From c764d23911afaee98b24e890b87371ec8991ad32 Mon Sep 17 00:00:00 2001
From: Luke Kenneth Casson Leighton <lkcl@lkcl.net>
Date: Tue, 27 Oct 2020 12:59:23 +0000
Subject: [PATCH] add link to tomasulo_transformation for notes on "nameless"
 registers

---
 .../compared_to_register_renaming.mdwn        | 23 ++++++++++++++++---
 1 file changed, 20 insertions(+), 3 deletions(-)

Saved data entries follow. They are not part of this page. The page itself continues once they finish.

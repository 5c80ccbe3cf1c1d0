use bumpalo::collections::into_bump_slice;
use m3_base::{NoMemory, Pos, rules};
use m3_check_assigning::converted;
use m3_check_bodies::{Body, bound_variable};
use m3_check_names::entity_named;
use m3_check_state::Checker;
use m3_check_types::{are_same, fits};
use m3_core::{CoreExpr, CoreStmt, Role};
use m3_exprs::expression;
use m3_link_scopes::{EntityId, EntityKind};
use m3_syntax::{Expr, Name, Qualid};
use m3_types::TypeId;

/// The exception that a name stands for (rule 78).
fn exception<'a>(checker: &mut Checker<'_, 'a>, name: &Qualid<'a>) -> Option<EntityId> {
    let id = entity_named(checker, name);
    let kind = match id {
        Some(id) => match checker.program.binds.entity(id) {
            Some(entity) => Some(entity.kind),
            None => None,
        },
        None => None,
    };
    match kind {
        Some(EntityKind::Exception) => id,
        Some(EntityKind::Unknown) => None,
        _ => {
            checker.note(name.first.pos, rules::NOT_AN_EXCEPTION);
            None
        }
    }
}

/// RAISE, with an argument exactly where the exception has one (rule 79).
pub fn raise<'a>(
    checker: &mut Checker<'_, 'a>,
    pos: Pos,
    name: &Qualid<'a>,
    argument: Option<&Expr<'a>>,
) -> Result<Option<CoreStmt<'a>>, NoMemory> {
    let Some(id) = exception(checker, name) else {
        if let Some(argument) = argument {
            expression(checker, argument)?;
        }
        return Ok(None);
    };
    let Some(argument) = argument_of(checker, pos, id, argument)? else {
        return Ok(None);
    };
    match checker.declared.exception_number(id) {
        Some(exception) => Ok(Some(CoreStmt::Raise {
            pos,
            exception,
            argument,
        })),
        None => Ok(None),
    }
}

/// The argument of a RAISE: none where it was refused, and none in it where none is written.
fn argument_of<'a>(
    checker: &mut Checker<'_, 'a>,
    pos: Pos,
    id: EntityId,
    argument: Option<&Expr<'a>>,
) -> Result<Option<Option<&'a CoreExpr<'a>>>, NoMemory> {
    let kind = checker.declared.kind_of(id);
    let Some(argument) = argument else {
        if kind.is_some() {
            checker.note(pos, rules::BAD_EXCEPTION_ARGUMENT);
            return Ok(None);
        }
        return Ok(Some(None));
    };
    let Some(value) = expression(checker, argument)? else {
        if kind.is_none() {
            checker.note(argument.pos(), rules::BAD_EXCEPTION_ARGUMENT);
        }
        return Ok(None);
    };
    match kind {
        Some(kind) if fits(checker, value.kind, kind)? => {
            Ok(Some(Some(converted(checker, &value, kind)?.core())))
        }
        _ => {
            checker.note(argument.pos(), rules::BAD_EXCEPTION_ARGUMENT);
            Ok(None)
        }
    }
}

/// The type of a handler's variable: that of the arguments of all its exceptions (rule 80).
fn argument_kind<'a>(
    checker: &mut Checker<'_, 'a>,
    pos: Pos,
    exceptions: &[Option<EntityId>],
) -> Result<Option<TypeId>, NoMemory> {
    let mut kind: Option<TypeId> = None;
    let mut is_good = true;
    for id in exceptions {
        let Some(id) = id else {
            return Ok(None);
        };
        match (kind, checker.declared.kind_of(*id)) {
            (None, Some(found)) => kind = Some(found),
            (Some(first), Some(found)) => {
                is_good = is_good && are_one(checker, first, found)?;
            }
            (_, None) => is_good = false,
        }
    }
    if !is_good {
        checker.note(pos, rules::BAD_HANDLER);
        return Ok(None);
    }
    Ok(kind)
}

/// Whether two types are the same; one that was refused is the same as all.
fn are_one(checker: &Checker<'_, '_>, a: TypeId, b: TypeId) -> Result<bool, NoMemory> {
    if checker.is_refused(a) || checker.is_refused(b) {
        return Ok(true);
    }
    are_same(checker, a, b)
}

/// What a handler handles: the exceptions, and the variable that gets the argument.
#[derive(Clone, Copy)]
pub struct HandlerHead<'a> {
    pub exceptions: &'a [u32],
    pub variable: Option<u32>,
}

/// The head of a handler.
pub fn handler_head<'a>(
    checker: &mut Checker<'_, 'a>,
    body: &mut Body<'a>,
    names: &[Qualid<'a>],
    argument: Option<Name<'a>>,
) -> Result<HandlerHead<'a>, NoMemory> {
    let mut found = Vec::new(checker.arena);
    let mut numbers = Vec::new(checker.arena);
    for name in names {
        let id = exception(checker, name);
        found.push(id)?;
        if let Some(number) = number_of(checker, id) {
            numbers.push(number)?;
        }
    }
    let exceptions = into_bump_slice(numbers);
    let found = into_bump_slice(found);
    let variable = match (argument, names.first()) {
        (Some(name), Some(first)) => {
            let kind = argument_kind(checker, first.first.pos, found)?;
            bound_variable(checker, body, name, Role::Handler, kind)?
        }
        _ => None,
    };
    Ok(HandlerHead {
        exceptions,
        variable,
    })
}

fn number_of(checker: &Checker<'_, '_>, id: Option<EntityId>) -> Option<u32> {
    checker.declared.exception_number(id?)
}
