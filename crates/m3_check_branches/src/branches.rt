use bumpalo::collections::into_bump_slice;
use m3_base::{NoMemory, Pos, rules};
use m3_check_bodies::{Body, bound_variable};
use m3_check_names::type_of;
use m3_check_state::{Checker, Valued};
use m3_check_types::{is_reference, is_subtype};
use m3_core::Role;
use m3_syntax::{Name, TypeExp};
use m3_types::TypeId;

/// The types of a branch that were not refused.
pub fn branch_types<'a>(
    checker: &mut Checker<'_, 'a>,
    kinds: &[TypeExp<'a>],
    value: Option<Valued<'a>>,
) -> Result<&'a [TypeId], NoMemory> {
    let mut types = Vec::new(checker.arena);
    for kind in kinds {
        if let Some(found) = type_of(checker, kind) {
            judge_type(checker, kind.pos(), found, value)?;
            types.push(found)?;
        }
    }
    Ok(into_bump_slice(types))
}

fn judge_type<'a>(
    checker: &mut Checker<'_, 'a>,
    pos: Pos,
    kind: TypeId,
    value: Option<Valued<'a>>,
) -> Result<(), NoMemory> {
    let Some(value) = value else {
        return Ok(());
    };
    if !is_reference(checker, value.kind) || !is_subtype(checker, kind, value.kind)? {
        checker.note(pos, rules::BAD_TYPECASE_TYPE);
    }
    Ok(())
}

/// The variable of a branch: of the branch's type where that is the only one, else of the value's.
pub fn branch_variable<'a>(
    checker: &mut Checker<'_, 'a>,
    body: &mut Body<'a>,
    name: Option<Name<'a>>,
    types: (&[TypeId], usize),
    value: Option<Valued<'a>>,
) -> Result<Option<u32>, NoMemory> {
    let kind = match (types.0, types.1, value) {
        ([only], 1, _) => Some(*only),
        (_, 1, _) => None,
        (_, _, Some(value)) => Some(value.kind),
        _ => None,
    };
    match name {
        Some(name) => bound_variable(checker, body, name, Role::TypeCase, kind),
        None => Ok(None),
    }
}
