use crate::raises::raise;
use m3_base::{NoMemory, rules};
use m3_check_assignments::{assign, call_statement, eval, give_back};
use m3_check_bodies::Body;
use m3_check_state::Checker;
use m3_core::CoreStmt;
use m3_syntax::Stmt;

/// A statement without statements in it.
pub fn simple<'a>(
    checker: &mut Checker<'_, 'a>,
    body: &Body<'a>,
    statement: &Stmt<'a>,
) -> Result<Option<CoreStmt<'a>>, NoMemory> {
    match statement {
        Stmt::Assign { pos, target, value } => assign(checker, *pos, target, value),
        Stmt::Call {
            pos,
            callee,
            parenthesis,
            actuals,
        } => call_statement(checker, *pos, callee, *parenthesis, actuals),
        Stmt::Eval { pos, value } => eval(checker, *pos, value),
        Stmt::Return { pos, value } => give_back(checker, body.result, *pos, *value),
        Stmt::Raise {
            pos,
            exception,
            argument,
        } => raise(checker, *pos, exception, *argument),
        Stmt::Exit { pos } => {
            if body.loops == 0 {
                checker.note(*pos, rules::EXIT_OUTSIDE_LOOP);
            }
            Ok(Some(CoreStmt::Exit { pos: *pos }))
        }
        _ => Ok(None),
    }
}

diff --git a/3d_gpu/architecture/compared_to_register_renaming.mdwn b/3d_gpu/architecture/compared_to_register_renaming.mdwn
index 08c7838ab..70dd18983 100644
--- a/3d_gpu/architecture/compared_to_register_renaming.mdwn
+++ b/3d_gpu/architecture/compared_to_register_renaming.mdwn
@@ -1,6 +1,23 @@
-One critical difference between the 6600-derived architecture and traditional register-renaming OoO speculative processors is that writes to any one particular ISA-level register max out at 1 per clock cycle (without special measures to improve that) in the 6600-derived architecture, whereas the register-renamed version can easily handle multiple such register writes per clock cycle since the register writes are spread out across multiple physical registers.
-
-The following diagrams are assuming that the fetch, decode, branch prediction, and register renaming can handle 4 instructions per clock cycle (usual on Intel's processors for many generations). They assume that `ldu` can write the address register after 1 clock cycle of execution and the destination register after 4 clock cycles of execution (can be achieved by splitting into 2 separate micro-ops).

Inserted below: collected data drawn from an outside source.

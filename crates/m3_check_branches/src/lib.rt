//! The labels of CASE, the types of TYPECASE and conditions (rules 73, 74, 76 and 81); RAISE and
//! the heads of handlers (rules 78 to 80), and with it all statements that hold no statements.
#![tactic(auto)]

mod branches;
mod conditions;
mod labels;
mod leaves;
mod raises;

pub use branches::{branch_types, branch_variable};
pub use conditions::condition;
pub use labels::{all_ranges, ranges_at};
pub use leaves::simple;
pub use raises::{HandlerHead, handler_head};
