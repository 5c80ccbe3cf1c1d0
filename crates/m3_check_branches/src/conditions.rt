use m3_base::{NoMemory, rules};
use m3_check_state::Checker;
use m3_check_types::is_boolean;
use m3_core::CoreExpr;
use m3_exprs::expression;
use m3_syntax::Expr;

/// A condition, which is BOOLEAN (rule 76).
pub fn condition<'a>(
    checker: &mut Checker<'_, 'a>,
    value: &Expr<'a>,
) -> Result<Option<&'a CoreExpr<'a>>, NoMemory> {
    checker.steps.clear();
    let Some(found) = expression(checker, value)? else {
        return Ok(None);
    };
    if !is_boolean(checker, found.kind) {
        checker.note(value.pos(), rules::CONDITION_NOT_BOOLEAN);
        return Ok(None);
    }
    Ok(Some(found.core()))
}
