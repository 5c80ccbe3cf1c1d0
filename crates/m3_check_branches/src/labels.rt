use bumpalo::collections::into_bump_slice;
use m3_base::{NoMemory, rules};
use m3_check_state::{Checker, Valued};
use m3_check_types::share_base;
use m3_core::{LabelRange, Value};
use m3_exprs::expression;
use m3_syntax::{CaseBranch, Expr, Label};
use std::collections::BTreeMap;

/// The labels of a CASE so far, which don't overlap: the last of each by its first.
type Labels = BTreeMap<i64, i64>;

/// What a bound of a label is.
#[derive(Clone, Copy)]
enum Found {
    /// Something in it, or the value of the CASE, was refused.
    Refused,
    /// No constant of the base type of the CASE's value.
    Wrong,
    Number(i64),
}

/// The values of the labels of each branch. `value` is what the CASE tests, none where it was
/// refused.
pub fn all_ranges<'a>(
    checker: &mut Checker<'_, 'a>,
    branches: &[CaseBranch<'a>],
    value: Option<Valued<'a>>,
) -> Result<&'a [&'a [LabelRange]], NoMemory> {
    let mut labels: Labels = BTreeMap::new(checker.alloc);
    add_ranges(checker, &mut labels, branches, value)
}

fn add_ranges<'a>(
    checker: &mut Checker<'_, 'a>,
    labels: &mut Labels,
    branches: &[CaseBranch<'a>],
    value: Option<Valued<'a>>,
) -> Result<&'a [&'a [LabelRange]], NoMemory> {
    let mut all = Vec::new(checker.arena);
    for branch in branches {
        let ranges = label_ranges(checker, labels, branch.labels, value)?;
        all.push(ranges)?;
    }
    Ok(into_bump_slice(all))
}

/// The values of the labels of the branch at a place.
pub fn ranges_at<'a>(all: &[&'a [LabelRange]], place: usize) -> &'a [LabelRange] {
    match all.get(place) {
        Some(ranges) => *ranges,
        None => &[],
    }
}

/// The values of the labels of a branch.
fn label_ranges<'a>(
    checker: &mut Checker<'_, 'a>,
    labels: &mut Labels,
    written: &[Label<'a>],
    value: Option<Valued<'a>>,
) -> Result<&'a [LabelRange], NoMemory> {
    let mut ranges = Vec::new(checker.arena);
    for label in written {
        if let Some(range) = label_range(checker, labels, label, value)? {
            ranges.push(range)?;
        }
    }
    Ok(into_bump_slice(ranges))
}

/// The values of a label (rule 73), none of which another label has (rule 74).
fn label_range<'a>(
    checker: &mut Checker<'_, 'a>,
    labels: &mut Labels,
    label: &Label<'a>,
    value: Option<Valued<'a>>,
) -> Result<Option<LabelRange>, NoMemory> {
    let first = label_bound(checker, label.first, value)?;
    let last = match label.last {
        Some(last) => label_bound(checker, last, value)?,
        None => first,
    };
    match (first, last) {
        (Found::Number(first), Found::Number(last)) => {
            if !take(labels, first, last)? {
                checker.note(label.first.pos(), rules::LABELS_OVERLAP);
            }
            Ok(Some(LabelRange { first, last }))
        }
        (Found::Wrong, _) | (Found::Number(_), Found::Wrong) => {
            checker.note(label.first.pos(), rules::BAD_CASE_LABEL);
            Ok(None)
        }
        _ => Ok(None),
    }
}

/// Takes the numbers of a label; false where another label has one of them.
fn take(labels: &mut Labels, first: i64, last: i64) -> Result<bool, NoMemory> {
    if first > last {
        return Ok(true);
    }
    if let Some((_, end)) = labels.range(..=last).next_back() {
        if *end >= first {
            return Ok(false);
        }
    }
    labels.insert(first, last)?;
    Ok(true)
}

/// A bound of a label: a constant of the value's base type.
fn label_bound<'a>(
    checker: &mut Checker<'_, 'a>,
    label: &Expr<'a>,
    value: Option<Valued<'a>>,
) -> Result<Found, NoMemory> {
    checker.steps.clear();
    let (Some(label_value), Some(value)) = (expression(checker, label)?, value) else {
        return Ok(Found::Refused);
    };
    if !share_base(checker, label_value.kind, value.kind)? {
        return Ok(Found::Wrong);
    }
    Ok(constant(checker, label))
}

/// The number of a constant expression.
fn constant<'a>(checker: &Checker<'_, 'a>, label: &Expr<'a>) -> Found {
    let Some(constant) = checker.declared.constant_at(checker.unit, label.pos()) else {
        return Found::Wrong;
    };
    match checker.declared.values.get(constant.value.0 as usize) {
        Some(Value::Number(number)) => Found::Number(*number),
        _ => Found::Wrong,
    }
}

+One critical difference between the 6600-derived architecture and
+traditional register-renaming OoO speculative processors is that
+writes to any one particular ISA-level register max out at 1 per clock
+cycle (without special measures to improve that) in the 6600-derived
+architecture, whereas the register-renamed version can easily handle
+multiple such register writes per clock cycle since the register writes
+are spread out across multiple physical registers.
+
+(Note from lkcl: 6600 Reservation Stations *are* "register-renaming"

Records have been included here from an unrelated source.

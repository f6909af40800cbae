// The orders of a define, in lent room.
ghost use Rattle.std.specs.Prelude.{◌≤◌, length};
ghost use Rattle.order.specs.Keys.{keys_held};
ghost use Rattle.store.specs.Lists.{Fills};
ghost use Rattle.replies.specs.Sending.{order_row};
ghost use Rattle.defining.specs.Sent.{assign_orders};

use order::{Groups, Radios};
use rows::ORDER_WORDS;
use sending::{ASSIGN, push_orders};

// The orders of a define, groups in list order, then radios in list order; their number is returned.
pub fn assign_orders(named: &Groups, radios: &Radios, out: &mut [[u64; ORDER_WORDS]]) -> usize
    requires { length (assign_orders (keys_held radios.now) (keys_held named.now)) ≤ length out.old }
    ensures { Fills order_row (assign_orders (keys_held radios.now) (keys_held named.now)) out.old out.new result }
{
    let listed = radios.as_slice();
    let mut at: usize = 0;
    for j in 0..named.len() {
        push_orders(out, at, ASSIGN, named.at(j), listed);
        at += listed.len();
    }
    at
}
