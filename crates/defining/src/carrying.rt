// What a define that is not refused leaves.
ghost use Rattle.std.specs.Prelude.{◌≡◌};
ghost use Rattle.order.specs.Keys.{keys_held};
ghost use Rattle.store.specs.Storage.{contents, group_of, laid};
ghost use Rattle.defining.specs.Carried.{Carries, carried};

use crate::grouping::make_groups;
use crate::ordered::Ordered;
use crate::pairing::set_all;
use crate::parts::Parts;
use rows::{GROUP_COUNT, GROUP_WORDS, PAIR_COUNT, PAIR_WORDS};
use store::form::Lent;

// The named groups are made or made anew, and the radios set with them.
pub fn carry_out(
    head: &mut [u64],
    groups: &mut [[u64; GROUP_WORDS]],
    pairs: &mut [[u64; PAIR_WORDS]],
    parts: &Parts,
    order: [u64; GROUP_WORDS],
    state: u64,
)
    requires { Carries (contents head.old groups.old pairs.old) order (keys_held parts.now.owners) (keys_held parts.now.named)
        (keys_held parts.now.radios) state }
    ensures { contents head.new groups.new pairs.new ≡
        laid (carried (keys_held parts.now.owners) (group_of order).1.parameters (keys_held parts.now.named) (keys_held parts.now.radios) state
        (contents head.old groups.old pairs.old))
        (contents head.old groups.old pairs.old) }
{
    let lent = Lent {
        head,
        groups,
        pairs,
    };
    let ordered = Ordered {
        groups: lent.group_rows(),
        pairs: lent.pair_rows(),
    };
    let more_groups = ordered.new_groups(&parts.named);
    let more_pairs = ordered.new_pairs(&parts.named, &parts.radios);
    let group_count = head[GROUP_COUNT] as usize;
    let pair_count = head[PAIR_COUNT] as usize;
    let these = parts.named.rising();
    let those = parts.radios.rising();
    let come = &parts.owners;
    make_groups(groups, group_count, more_groups, &these, order, come);
    set_all(pairs, pair_count, more_pairs, &these, &those, state);
    head[GROUP_COUNT] = (group_count + more_groups) as u64;
    head[PAIR_COUNT] = (pair_count + more_pairs) as u64;
}
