// What a define is refused with: each rule over the whole order, in the order of the law.
ghost use Rattle.std.specs.Prelude.{◌||◌, map, ◌≡◌};
ghost use Rattle.layout.specs.Frame.{judged_of};
ghost use Rattle.layout.specs.declared.Kind.TheVariants as Kind;
ghost use Rattle.rules.specs.Number.{wide_number};
ghost use Rattle.rules.specs.Recorded.{define_of};
ghost use Rattle.rules.specs.Refusals.{first, refuses};
ghost use Rattle.order.specs.Numbers.{radio_number};
ghost use Rattle.order.specs.Keys.{keys_held};
ghost use Rattle.order.specs.Steps.{define_step};
ghost use Rattle.store.specs.Lent.{contents_of};
ghost use Rattle.store.specs.Storage.{pair_of, group_of};
ghost use Rattle.replies.specs.Orders.{reply_of, Judges};
ghost use Rattle.defining.specs.Parts.{parts_of};
ghost use Rattle.defining.specs.Tests.{define_form, define_stand};

use crate::ordered::Ordered;
use crate::parts::Parts;
use frame::{Kind, PLACES};
use making::owners::any_crowded;
use order::lists::wide_radio;
use order::{Itsi, RadioKey};
use refusal::Refusal;
use rows::{MAX_GROUPS, MAX_PAIRS};
use store::Standing;
use store::form::Lent;
use store::named::any_group;
use table::place::YES;
use table::place::define::CALL_RELATED;

// Whether it is a bad order: the asker's number is too wide, or the record has no code.
fn bad_order(asker: Itsi, place: [u32; PLACES]) -> bool
    ensures { result ≡ (wide_number (radio_number asker) || refuses (judged_of Kind.Define place)) }
{
    wide_radio(asker) || frame::fault(Kind::Define, &place).is_err()
}

// What a define is refused with for its form.
fn form_fault(asker: Itsi, place: [u32; PLACES], parts: &Parts) -> Result<(), Refusal>
    requires { parts.now ≡ parts_of asker place }
    ensures { result ≡ reply_of (first (define_form (define_of (radio_number asker) place))) }
{
    if bad_order(asker, place) {
        return Err(Refusal::BadOrder);
    }
    if place[CALL_RELATED] == YES {
        return Err(Refusal::FormNotTaken);
    }
    parts.fault
}

// What a define is refused with for what stands.
fn stand_fault(
    ordered: Ordered<'_>,
    asker: RadioKey,
    parts: &Parts,
    room: usize,
) -> Result<(), Refusal>
    ensures { result ≡ reply_of (first (define_stand (map group_of ordered.entry.groups.now) (map pair_of ordered.entry.pairs.now)
        asker (keys_held parts.now.named) (keys_held parts.now.owners) (keys_held parts.now.radios) room)) }
{
    let named = &parts.named;
    if any_group(ordered.groups, named, asker, Standing::Taken) {
        return Err(Refusal::NotOwner);
    }
    if any_crowded(ordered.groups, named, &parts.owners) {
        return Err(Refusal::TooManyOwners);
    }
    // The totals, and so the orders, are no more than the lists have places for.
    let orders = named.len() * parts.radios.len();
    let group_total = ordered.groups.len() + ordered.new_groups(named);
    let pair_total = ordered.pairs.len() + ordered.new_pairs(named, &parts.radios);
    let full = (MAX_GROUPS < group_total) | (MAX_PAIRS < pair_total);
    if full {
        return Err(Refusal::Full);
    }
    if room < orders {
        return Err(Refusal::NoRoom);
    }
    Ok(())
}

// What a define is refused with; its lists have been read.
pub fn define_fault(
    lent: Lent<'_>,
    asker: Itsi,
    place: [u32; PLACES],
    parts: &Parts,
    room: usize,
) -> Result<(), Refusal>
    requires { parts.now ≡ parts_of asker place }
    ensures { Judges (contents_of lent.entry) (define_step asker place room) result }
{
    if !lent.written() {
        return Err(Refusal::NotWritten);
    }
    form_fault(asker, place, parts)?;
    let ordered = Ordered {
        groups: lent.group_rows(),
        pairs: lent.pair_rows(),
    };
    stand_fault(ordered, RadioKey::from(asker), parts, room)
}
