// Pairs set by a define.
ghost use Rattle.std.specs.Prelude.{ltb, map, true, ◌≡◌};
ghost use Rattle.rules.specs.ByNumber.{below_pair};
ghost use Rattle.rules.specs.Ledger.{same_pair};
ghost use Rattle.rules.specs.Lists.{rises};
ghost use Rattle.rules.specs.Mark.{fresh};
ghost use Rattle.order.specs.Keys.{keys_held};
ghost use Rattle.order.specs.Walks.{onto};
ghost use Rattle.store.specs.Places.{place_of};
ghost use Rattle.store.specs.Storage.{pair_of, pair_row, pairs_of};
ghost use Rattle.defining.specs.Pairs.{set_pairs};
ghost use Rattle.defining.specs.Putting.{Opens, Puts, Takes};

use crate::putting::Step;
use order::{GroupKey, Groups, RadioKey, Radios};
use rows::PAIR_WORDS;
use store::places::place;

// A pair is set among those that stand as they were.
fn set_pair(
    pairs: &mut [[u64; PAIR_WORDS]],
    step: Step,
    group: GroupKey,
    radio: RadioKey,
    state: u64,
) -> Step
    requires { Opens (place_of below_pair same_pair (pairs_of step.left pairs.old) (group.0, radio.0)) step.left step.by pairs.old }
    ensures { Puts (place_of below_pair same_pair (pairs_of step.left pairs.old) (group.0, radio.0)) step.left step.by
        (pair_row ((group.0, radio.0), fresh state)) pairs.old pairs.new result }
{
    let place = place(&pairs[..step.left], (group, radio));
    step.put(pairs, place, [group.0, radio.0, state, 0])
}

// Each radio of a rising list is set with each group of a rising list, from the last pair down; `more` of them are new.
// Stays: a slice and a count, as what stands behind the pairs in use is lent too, and stays as it was.
pub fn set_all(
    pairs: &mut [[u64; PAIR_WORDS]],
    count: usize,
    more: usize,
    named: &Groups,
    radios: &Radios,
    state: u64,
)
    requires { Takes below_pair pair_of pair_row (set_pairs state (keys_held radios.now) (keys_held named.now) (pairs_of count pairs.old)) pairs.old count more
        × (rises ltb (keys_held named.now) ≡ true) × (rises ltb (keys_held radios.now) ≡ true) }
    ensures { pairs.new ≡
        onto (map pair_row (set_pairs state (keys_held radios.now) (keys_held named.now) (pairs_of count pairs.old))) pairs.old }
{
    let width = radios.len();
    let mut step = Step {
        left: count,
        by: more,
    };
    // Stays: by place, since what is put is the pairs from the place j * width + k on, which words from the end don't tell.
    for j in (0..named.len()).rev() {
        for k in (0..width).rev() {
            step = set_pair(pairs, step, named.at(j), radios.at(k), state);
        }
    }
}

+stations.  unlike in the Tomasulo Algorithm, they're just not given
+"names" because Cray and Thornton solved a problem they didn't realise
+everyone else would have.  See [[tomasulo_transformation]] and
+<http://lists.libre-soc.org/pipermail/libre-soc-dev/2020-October/001050.html>)
+
+The following diagrams are assuming that the fetch, decode, branch
+prediction, and register renaming can handle 4 instructions per clock
+cycle (usual on Intel's processors for many generations). They assume that
+`ldu` can write the address register after 1 clock cycle of execution
+and the destination register after 4 clock cycles of execution (can be
+achieved by splitting into 2 separate micro-ops).
 
 The following C program is used:
 
-- 
2.30.2